Prinicipal Bioanalyst

About The Position

Requirements

• A minimum of 7+ years' experience in pharmaceutical/biotechnology industry in a regulated bioanalytical environment, preferably with multiple modalities, including small molecules, large molecules, and ADCs.
• A Bachelor’s or Advanced Degree in Biology, Chemistry, Biochemistry, or a related field.
• Familiarity with current global bioanalytical regulatory guidance.
• History of hands-on bench-level experience with method development, validation, and troubleshooting is required. (Ligand-binding and/or LC-MS/MS)
• Experience managing relationships with global bioanalytical vendors (CRO’s) is required.
• Previous work with anti-cancer agents, ADCs, is required.
• Demonstrated experience supporting clinical and regulatory development of bioanalytical requirements, GxP regulations, with excellent working knowledge of the regulatory process.
• Excellent problem-solving skills and ability and desire to oversee multiple projects simultaneously in a fast-paced environment.
• Demonstrated experience in the development and execution of bioanalytical plans to support clinical development.
• Outstanding interpersonal and communication skills (written and oral) with ability to communicate complex information succinctly.
• Experience authoring relevant sections of global regulatory submissions and interacting with global health authorities.
• Ability to drive collaboration, achieve results, influence, and resolve conflicts across internal and external project teams

Responsibilities

• Develop and implement bioanalytical assays for compounds in clinical development.

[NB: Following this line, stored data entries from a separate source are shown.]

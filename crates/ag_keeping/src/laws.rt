//! Laws of writes on a disk that a replica keeps its data on: which pieces stand for which batch of the rules.
ghost use Rattle.std.specs.Prelude.{◌≡◌, ◌⊎◌, ◌+◌, ◌<◌, ◌≤◌, ◌^◌, ◌∷◌, [], ℕ, List, length, map, true};
ghost use Rattle.std.specs.List.{AllByRecursion};
ghost use Rattle.ag_model.specs.declared.record.Record.{Record};
ghost use Rattle.ag_outside.specs.Disks.{Image, put_all};
ghost use Rattle.ag_master.specs.Spelling.{spelling, HasSpelling};
ghost use Rattle.ag_logstore.specs.Stored.{sectors_of};
ghost use Rattle.ag_logstore.specs.Stores.{IsCurrent, Follows, sector_after};
ghost use Rattle.ag_kept.specs.Kept.{master_on};
ghost use Rattle.ag_kept.specs.Starting.{own_log, with_master};
ghost use Rattle.ag_pagestore.specs.declared.batch.PageWrite.{PageWrite};
ghost use Rattle.ag_pagestore.specs.Batches.{RisesFrom, IsWhole, pieces};
ghost use Rattle.ag_pieces.specs.Pieces.{sectors_in};
ghost use Rattle.ag_suspect.specs.Rows.{suspects_on};
ghost use Rattle.ag_suspect.specs.Places.{noted_sector, repaired_sector, piece_of};
ghost use Rattle.ag_rules.specs.Replica.{Master};
ghost use Rattle.ag_rules.specs.Plan.{Block_write, Master_write, Note_write, Repaired_write, Page_write, has_row, can_note};
ghost use Rattle.ag_keeping.specs.Keeping.{IsKeeping, store_on, next_block};
ghost use Rattle.ag_keeping.specs.Cutting.{cut_after, sector_master, CanCut};
ghost use Rattle.ag_keeping.specs.Meaning.{Mean};

/// A sync alone is the empty batch.
pub fn syncs_mean()
    ensures { (pages replica : ℕ) (image : Image) → IsKeeping pages replica image → Mean pages replica image [] [] }
{}

/// The sectors of a block after the log are the write of that block. One more can follow then.
pub fn blocks_mean()
    ensures means { (pages replica : ℕ) (image : Image) (term : ℕ) (new : List Record) → IsKeeping pages replica image → IsCurrent image (store_on image) → Follows (store_on image) (next_block image term new)
        → Mean pages replica image (record { first = sector_after (own_log image); sectors = sectors_of (next_block image term new) } ∷ []) (Block_write new ∷ []) }
    ensures current { (pages replica : ℕ) (image : Image) (term : ℕ) (new : List Record) → IsKeeping pages replica image → IsCurrent image (store_on image) → Follows (store_on image) (next_block image term new)
        → IsCurrent (put_all image (sectors_in (record { first = sector_after (own_log image); sectors = sectors_of (next_block image term new) } ∷ [])))
        (store_on (put_all image (sectors_in (record { first = sector_after (own_log image); sectors = sectors_of (next_block image term new) } ∷ [])))) }
{}

/// The sector of a master that cuts the log where it may is the write of that master. A block can follow then where one
/// could before, or where the incarnation is higher.
pub fn masters_mean()
    ensures means { (pages replica : ℕ) (image : Image) (m : Master) (end : ℕ) → IsKeeping pages replica image → CanCut (master_on image) (own_log image) m end → HasSpelling (sector_master (master_on image) m end)
        → Mean pages replica image (record { first = 0; sectors = spelling (sector_master (master_on image) m end) ∷ [] } ∷ []) (Master_write m end ∷ []) }
    ensures current { (pages replica : ℕ) (image : Image) (m : Master) (end : ℕ) → IsKeeping pages replica image → CanCut (master_on image) (own_log image) m end → HasSpelling (sector_master (master_on image) m end)
        → IsCurrent image (store_on image) ⊎ ((master_on image).incarnation < m.incarnation)
        → IsCurrent (with_master image (sector_master (master_on image) m end)) (store_on (with_master image (sector_master (master_on image) m end))) }
{}

/// The one sector of a note, or of a mark, is the write of that row.
pub fn rows_mean()
    ensures noted { (pages replica : ℕ) (image : Image) (page kind : ℕ) → IsKeeping pages replica image → 1 ≤ page → page < 2 ^ 16 → kind < 2 ^ 8 → can_note page (suspects_on image) ≡ true
        → Mean pages replica image (piece_of (noted_sector page kind (suspects_on image)) ∷ []) (Note_write page kind ∷ []) }
    ensures repaired { (pages replica : ℕ) (image : Image) (page : ℕ) → IsKeeping pages replica image → has_row page (suspects_on image) ≡ true
        → Mean pages replica image (piece_of (repaired_sector page (suspects_on image)) ∷ []) (Repaired_write page ∷ []) }
{}

/// The images of pages that rise, each with the mark after the one that stands there, are the writes of those pages.
pub fn pages_mean()
    ensures { (pages replica : ℕ) (image : Image) (writes : List PageWrite) → IsKeeping pages replica image → RisesFrom 16 writes → AllByRecursion IsWhole writes → AllByRecursion (λ w. w.page < 16 + pages) writes
        → Mean pages replica image (pieces image writes) (map (λ w. Page_write w.page) writes) }
{}

/// A worked example: over a master of incarnation 4 that cuts at 7, one of incarnation 5 cuts where it says, and one of incarnation 4 still at 7.
pub fn example_cuts()
    ensures higher { (state : ℕ) → cut_after (record { format = 1; state = 0; incarnation = 4; term = 2; cut = 7; undo = 0; redo = 3; pages = 16; replica = 1; foreign = [] })
        (record { term = 3; state = state; incarnation = 5; redo_start = 3; undo = 0; foreign = [] }) 9 ≡ 9 }
    ensures same { (state : ℕ) → cut_after (record { format = 1; state = 0; incarnation = 4; term = 2; cut = 7; undo = 0; redo = 3; pages = 16; replica = 1; foreign = [] })
        (record { term = 3; state = state; incarnation = 4; redo_start = 3; undo = 0; foreign = [] }) 9 ≡ 7 }
{}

This includes scientific and technical oversight of CROs performing the bioanalytical lab work as well as ensuring scientific and regulatory compliance.
• Act as the primary contact and maintain working relationships with external vendors to facilitate execution of bioanalytical strategies.
• Actively partner with other functions and departments to ensure that programs are progressed seamlessly through the development process; ensure bioanalytical subject matter expertise is represented in cross-functional project teams.
• Author relevant sections of clinical study protocols, analysis plans, reports and regulatory submissions (such as IBs, CTDs, INDs, BLAs).